# Does rating hurts for getting new rides or too many drivers?



## sk MM (Jul 27, 2015)

Hi, does anyone knows - is there any connection between rating and new rides? I used to get lot of rides in last couple of months, with rating is around 4.8 to 4.95. Did couple of late night and downtown driving and my rating dropped to 4.71. I am very close to finish my 500 ride in about 2 months. So question,
I am getting less ride requests what will be the reason behind it :
1) Rating: Does Uber try to match drivers rating and passenger rating? When my rating was around 4.9, I was getting passengers around 4.85 to 5. Occasionally, 4.5, but not less than that. But now, I get pax with 4.5 to 4.7 and occasionally 5. It might be coincident.

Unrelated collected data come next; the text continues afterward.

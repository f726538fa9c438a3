//! What an operator is told of a number that was corrected.
ghost use Rattle.std.specs.Prelude.{◌≤◌};

use mpm_base::Sequence;
use std::marker::Model;

/// A number that was corrected.
#[derive(Clone, Copy, Debug)]
pub struct Warning {
    /// Which correction it was, 1 to 10 in their order.
    pub correction: u8,
    /// The number as it was written.
    pub was: u64,
    /// What it became.
    pub now: u64,
}

impl Model for Warning {
    ghost use Rattle.std.specs.Prelude.{◌≤◌};
    ghost use Rattle.mpm_config.specs.Warning.{Notice};

    ghost Value = { Notice };

    ghost view = { λ w. record { correction = w.correction; before = w.was; after = w.now } };

    ghost invariant = { λ w. (1 ≤ w.correction) × (w.correction ≤ 10) };

    ghost inverse = { λ n. record { correction = n.correction; was = n.before; now = n.after } };
}

impl Warning {
    /// What every warning keeps, for callers that see it as one value. It does nothing.
    pub fn show(&self)
        ensures from { 1 ≤ self.entry.now.correction }
        ensures to { self.entry.now.correction ≤ 10 }
    {
        let _ = &self.correction;
    }
}

/// The warnings of a configuration, in the order of the corrections.
pub type Warnings = Sequence<Warning>;
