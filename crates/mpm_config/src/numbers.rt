//! The numbers of a configuration.
ghost use Rattle.std.specs.Prelude.{◌≡◌, ◌<◌, ◌^◌};

use crate::directive::Quantity;
use crate::range::{
    ASYNC_REQUEST_WORKER_FACTOR, GRACEFUL_SHUTDOWN_TIMEOUT, KEEP_ALIVE_TIMEOUT,
    LIMIT_REQUEST_FIELD_SIZE, LIMIT_REQUEST_FIELDS, LIMIT_REQUEST_LINE, MAX_CONNECTIONS_PER_CHILD,
    MAX_KEEP_ALIVE_REQUESTS, MAX_REQUEST_WORKERS, MAX_SPARE_THREADS, MIN_SPARE_THREADS,
    REQUEST_READ_TIMEOUT, SERVER_LIMIT, START_SERVERS, THREAD_LIMIT, THREADS_PER_CHILD, TIMEOUT,
};

/// The numbers of a configuration, and whether connections are kept.
#[derive(Clone, Copy, Debug, PartialEq, Eq)]
pub struct Numbers {
    /// ServerLimit, 1 to 32.
    pub server_limit: u32,
    /// ThreadLimit, 1 to 64.
    pub thread_limit: u32,
    /// StartServers.
    pub start_servers: u32,
    /// MinSpareThreads.
    pub min_spare: u32,
    /// MaxSpareThreads.
    pub max_spare: u32,
    /// ThreadsPerChild.
    pub threads: u32,
    /// MaxRequestWorkers.
    pub max_workers: u32,
    /// MaxConnectionsPerChild; 0 stands for no limit.
    pub max_conns: u32,
    /// AsyncRequestWorkerFactor in hundredths, 1 to 10,000.
    pub factor: u32,
    /// Timeout in milliseconds, 1,000 to 65,535,000.
    pub timeout_ms: u64,
    /// RequestReadTimeout in milliseconds, 0 to 65,535,000; 0 stands for no limit.
    pub whole_ms: u64,
    /// KeepAliveTimeout in milliseconds, 1 to 65,535,000.
    pub keep_ms: u64,
    /// KeepAlive.
    pub keep: bool,
    /// MaxKeepAliveRequests, at least 1.
    pub most: u32,
    /// GracefulShutdownTimeout in milliseconds, 0 to 65,535,000; 0 stands for no limit.
    pub stop_ms: u64,
    /// LimitRequestLine in bytes, 1 to 65,000.
    pub line: u32,
    /// LimitRequestFieldSize in bytes, 1 to 65,000.
    pub field: u32,
    /// LimitRequestFields, 1 to 1,000.
    pub fields: u32,
}

impl Numbers {
    ghost use Rattle.mpm_config.specs.Numbers.{initial_numbers, number_at, with_number};

    /// The numbers of the empty configuration.
    pub(crate) fn initial() -> Numbers
        ensures { result ≡ initial_numbers }
    {
        Numbers {
            server_limit: SERVER_LIMIT.default,
            thread_limit: THREAD_LIMIT.default,
            start_servers: START_SERVERS.default,
            min_spare: MIN_SPARE_THREADS.default,
            max_spare: MAX_SPARE_THREADS.default,
            threads: THREADS_PER_CHILD.default,
            max_workers: MAX_REQUEST_WORKERS.default,
            max_conns: MAX_CONNECTIONS_PER_CHILD.default,
            factor: ASYNC_REQUEST_WORKER_FACTOR.default,
            timeout_ms: u64::from(TIMEOUT.default) * u64::from(TIMEOUT.unit),
            whole_ms: u64::from(REQUEST_READ_TIMEOUT.default)
                * u64::from(REQUEST_READ_TIMEOUT.unit),
            keep_ms: u64::from(KEEP_ALIVE_TIMEOUT.default) * u64::from(KEEP_ALIVE_TIMEOUT.unit),
            keep: true,
            most: MAX_KEEP_ALIVE_REQUESTS.default,
            stop_ms: u64::from(GRACEFUL_SHUTDOWN_TIMEOUT.default)
                * u64::from(GRACEFUL_SHUTDOWN_TIMEOUT.unit),
            line: LIMIT_REQUEST_LINE.default,
            field: LIMIT_REQUEST_FIELD_SIZE.default,
            fields: LIMIT_REQUEST_FIELDS.default,
        }
    }

    /// One of the numbers.
    pub(crate) fn get(&self, quantity: Quantity) -> u64
        ensures { result ≡ number_at self.now quantity }
    {
        match quantity {
            Quantity::ServerLimit => u64::from(self.server_limit),
            Quantity::ThreadLimit => u64::from(self.thread_limit),
            Quantity::StartServers => u64::from(self.start_servers),
            Quantity::MinSpareThreads => u64::from(self.min_spare),
            Quantity::MaxSpareThreads => u64::from(self.max_spare),
            Quantity::ThreadsPerChild => u64::from(self.threads),
            Quantity::MaxRequestWorkers => u64::from(self.max_workers),
            Quantity::MaxConnectionsPerChild => u64::from(self.max_conns),
            Quantity::AsyncRequestWorkerFactor => u64::from(self.factor),
            Quantity::Timeout => self.timeout_ms,
            Quantity::RequestReadTimeout => self.whole_ms,
            Quantity::KeepAliveTimeout => self.keep_ms,
            Quantity::MaxKeepAliveRequests => u64::from(self.most),
            Quantity::GracefulShutdownTimeout => self.stop_ms,
            Quantity::LimitRequestLine => u64::from(self.line),
            Quantity::LimitRequestFieldSize => u64::from(self.field),
            Quantity::LimitRequestFields => u64::from(self.fields),
        }
    }

    /// Sets one of the numbers.
    pub(crate) fn set(&mut self, quantity: Quantity, number: u32)
        ensures { self.new ≡ with_number self.old quantity number }
    {
        match quantity {
            Quantity::ServerLimit => self.server_limit = number,
            Quantity::ThreadLimit => self.thread_limit = number,
            Quantity::StartServers => self.start_servers = number,
            Quantity::MinSpareThreads => self.min_spare = number,
            Quantity::MaxSpareThreads => self.max_spare = number,
            Quantity::ThreadsPerChild => self.threads = number,
            Quantity::MaxRequestWorkers => self.max_workers = number,
            Quantity::MaxConnectionsPerChild => self.max_conns = number,
            Quantity::AsyncRequestWorkerFactor => self.factor = number,
            Quantity::Timeout => self.timeout_ms = u64::from(number),
            Quantity::RequestReadTimeout => self.whole_ms = u64::from(number),
            Quantity::KeepAliveTimeout => self.keep_ms = u64::from(number),
            Quantity::MaxKeepAliveRequests => self.most = number,
            Quantity::GracefulShutdownTimeout => self.stop_ms = u64::from(number),
            Quantity::LimitRequestLine => self.line = number,
            Quantity::LimitRequestFieldSize => self.field = number,
            Quantity::LimitRequestFields => self.fields = number,
        }
    }
}
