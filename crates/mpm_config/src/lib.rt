//! The configuration language of the server: a text in the manner of an Apache configuration, as the operator's page
//! `docs/CONFIGURATION.md` describes it.
//!
//! `read_config` accepts just the texts of the language and answers what they configure, with a warning for each
//! number that was corrected; else it names the first fault with its line. `carry_limits` keeps the two limits
//! over a restart, and `shape_of` gives the shape of a configuration, which is in its bounds.
//! The definition is `config_of` in `specs/Reading.antt`: the lines of a text and their words (of the crate `conf_text`), the kind of each
//! line (`Form`), what its words set (`Directive`, `Value`, `NumberRange`, `Setting`, `Settings`; of types in the crate `type_words`) and the
//! corrections (`Correction`). The section of a host sets what it has of its own (`HostName`, `HostSettings` in `Settings`), and the hosts
//! are made of these once the text is read (`confs_by`; `HostConf`, `Config`). `laws` says what these come to.
#![tactic(auto)]

mod config;
mod correction;
mod directive;
mod draft;
mod fault;
mod form;
mod host_conf;
mod host_draft;
mod host_name;
mod laws;
mod numbers;
mod range;
mod read;
mod reader;
mod setting;
mod value;
mod warning;

pub use config::{Config, carry_limits, shape_of};
pub use correction::warning_text;
pub use fault::ConfFault;
pub use host_conf::{HostConf, HostConfs};
pub use laws::{
    configured_types_are_printable, corrected_numbers_are_in_bounds, first_refusal_decides,
    later_settings_replace, skipped_lines_set_nothing,
};
pub use numbers::Numbers;
pub use read::read_config;
pub use warning::{Warning, Warnings};
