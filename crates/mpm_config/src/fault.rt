//! Why a configuration is refused.
use mpm_base::NoMemory;
use thiserror::Error;

/// Why a text is no configuration. The number of a line counts from 1 and is that of the first line of
/// those that are joined.
#[derive(Clone, Copy, Debug, PartialEq, Eq, Error)]
pub enum ConfFault {
    /// The bytes aren't UTF-8, or hold a NUL: the place of the first such byte, from 0.
    #[error("byte {0} is not text")]
    NotText(u64),
    /// The line begins with the name of no directive.
    #[error("line {0} names no directive")]
    UnknownDirective(u64),
    /// The directive of the line has not exactly one value, or may not have that value.
    #[error("line {0} has a bad value")]
    BadValue(u64),
    /// The line begins with `<` and is no section, or closes none of that kind, or opens the section of a host where none may be; or
    /// its directive may not stand in the section of a host, or outside of one.
    #[error("line {0} is no section")]
    BadSection(u64),
    /// The section that the line opens is not closed; of several it is the innermost.
    #[error("the section of line {0} is not closed")]
    Unclosed(u64),
    /// The line opens a section in eight others.
    #[error("line {0} opens a section too deep")]
    TooDeep(u64),
    /// Memory was wanted and not found.
    #[error("out of memory")]
    NoMemory,
}

impl From<NoMemory> for ConfFault {
    ghost use Rattle.mpm_config.specs.declared.fault.ConfFault.TheVariants as fault;
    ghost use Rattle.std.specs.Prelude.{◌≡◌};

    ghost from_gives = { λ _ e. e ≡ fault.NoMemory };

    fn from(_: NoMemory) -> ConfFault {
        ConfFault::NoMemory
    }
}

2) Too many drivers: I didn't pay attention before, as I was getting lot of rides. But now I am watching it uber pax app, and there is one and sometimes couple of drivers in almost every busy intersection.

FYI, I drive in Oakbrook, Chicago area. Downtown is still good, as I am getting ride frequently then suburb. Anyone from other city or state has similar problem?


----------



## DocT (Jul 16, 2015)

Open up your Rider App and see how many cars are around you when you're Online.


----------



## Taxi Driver in Arizona (Mar 18, 2015)

There are rumors and conspiracy theories that Uber sends calls to the highest rated drivers, but nobody outside Uber HQ knows for sure.


----------



## UberXTampa (Nov 20, 2014)

Let's say, you are an A/C Repair referral system. You have a bunch of contractors. You get a new service request and have 2 contractors available. Here is what you know:

1st contractor has Higher Rating + Same ETA
2nd contractor has Lower Rating + Same ETA

As a business owner, who do you send the request to?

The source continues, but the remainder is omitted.